Task item: Go through the data and copy each line where the string "from" appears.

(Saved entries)
*** Block opens ***
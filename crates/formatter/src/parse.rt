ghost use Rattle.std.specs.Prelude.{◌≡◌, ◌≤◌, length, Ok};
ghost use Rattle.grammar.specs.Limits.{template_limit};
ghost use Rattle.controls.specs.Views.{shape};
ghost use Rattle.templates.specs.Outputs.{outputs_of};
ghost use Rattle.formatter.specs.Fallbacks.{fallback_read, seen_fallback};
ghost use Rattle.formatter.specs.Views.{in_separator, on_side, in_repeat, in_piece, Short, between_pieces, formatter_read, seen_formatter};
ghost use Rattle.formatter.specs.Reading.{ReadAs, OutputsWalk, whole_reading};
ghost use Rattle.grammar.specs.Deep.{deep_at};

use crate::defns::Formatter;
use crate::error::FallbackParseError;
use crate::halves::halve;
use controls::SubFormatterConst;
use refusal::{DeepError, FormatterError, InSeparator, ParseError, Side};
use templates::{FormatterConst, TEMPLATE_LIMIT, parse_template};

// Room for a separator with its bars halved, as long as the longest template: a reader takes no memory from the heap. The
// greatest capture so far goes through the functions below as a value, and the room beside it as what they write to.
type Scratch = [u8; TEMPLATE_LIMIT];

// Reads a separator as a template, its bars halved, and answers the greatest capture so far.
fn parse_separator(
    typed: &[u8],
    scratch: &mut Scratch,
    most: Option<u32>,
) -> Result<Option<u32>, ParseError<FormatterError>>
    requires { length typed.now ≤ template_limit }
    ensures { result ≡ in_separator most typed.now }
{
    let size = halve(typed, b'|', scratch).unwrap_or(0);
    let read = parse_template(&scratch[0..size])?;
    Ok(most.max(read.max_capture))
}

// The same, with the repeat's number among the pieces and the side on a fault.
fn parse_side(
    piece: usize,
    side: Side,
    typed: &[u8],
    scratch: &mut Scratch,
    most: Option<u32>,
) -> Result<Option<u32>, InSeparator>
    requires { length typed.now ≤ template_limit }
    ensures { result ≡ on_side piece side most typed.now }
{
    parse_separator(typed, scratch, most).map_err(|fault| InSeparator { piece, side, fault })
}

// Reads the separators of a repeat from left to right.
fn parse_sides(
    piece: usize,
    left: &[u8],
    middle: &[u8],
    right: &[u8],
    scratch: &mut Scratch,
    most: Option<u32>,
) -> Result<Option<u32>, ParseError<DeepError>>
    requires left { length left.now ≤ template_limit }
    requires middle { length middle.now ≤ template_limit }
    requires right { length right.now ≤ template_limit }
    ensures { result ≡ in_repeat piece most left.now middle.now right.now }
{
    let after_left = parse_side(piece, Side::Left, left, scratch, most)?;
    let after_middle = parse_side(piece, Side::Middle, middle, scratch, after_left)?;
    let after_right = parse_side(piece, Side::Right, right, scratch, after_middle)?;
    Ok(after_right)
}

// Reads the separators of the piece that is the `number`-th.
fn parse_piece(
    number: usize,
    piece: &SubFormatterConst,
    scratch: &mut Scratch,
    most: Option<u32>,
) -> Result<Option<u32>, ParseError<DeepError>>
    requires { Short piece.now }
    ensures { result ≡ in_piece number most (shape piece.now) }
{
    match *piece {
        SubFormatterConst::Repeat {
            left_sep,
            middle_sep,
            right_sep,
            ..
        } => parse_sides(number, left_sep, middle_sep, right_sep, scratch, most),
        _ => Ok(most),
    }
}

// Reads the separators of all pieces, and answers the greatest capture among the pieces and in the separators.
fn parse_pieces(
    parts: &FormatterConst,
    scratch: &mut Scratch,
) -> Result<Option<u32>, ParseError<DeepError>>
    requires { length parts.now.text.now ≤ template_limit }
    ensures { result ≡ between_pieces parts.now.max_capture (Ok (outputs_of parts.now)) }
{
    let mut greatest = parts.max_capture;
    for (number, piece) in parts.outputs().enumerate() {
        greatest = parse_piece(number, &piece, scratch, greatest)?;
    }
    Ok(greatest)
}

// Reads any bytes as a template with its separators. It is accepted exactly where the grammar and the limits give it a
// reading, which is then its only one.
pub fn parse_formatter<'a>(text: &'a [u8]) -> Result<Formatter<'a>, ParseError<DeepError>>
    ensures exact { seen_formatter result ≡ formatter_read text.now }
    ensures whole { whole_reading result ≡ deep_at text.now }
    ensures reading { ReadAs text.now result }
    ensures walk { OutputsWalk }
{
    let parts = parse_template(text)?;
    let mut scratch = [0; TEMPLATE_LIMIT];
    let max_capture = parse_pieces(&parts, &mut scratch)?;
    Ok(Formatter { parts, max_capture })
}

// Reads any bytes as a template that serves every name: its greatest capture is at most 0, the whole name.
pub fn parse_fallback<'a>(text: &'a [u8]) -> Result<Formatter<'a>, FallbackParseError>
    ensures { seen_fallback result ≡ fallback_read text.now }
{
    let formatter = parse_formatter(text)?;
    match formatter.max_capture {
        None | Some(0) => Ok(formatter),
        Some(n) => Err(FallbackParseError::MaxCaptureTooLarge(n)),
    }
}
*** Block closes ***
Written solution:
// Room for a separator with its bars halved, as long as the longest template: a reader takes no memory from the heap. The
// Reads the separators of a repeat from left to right.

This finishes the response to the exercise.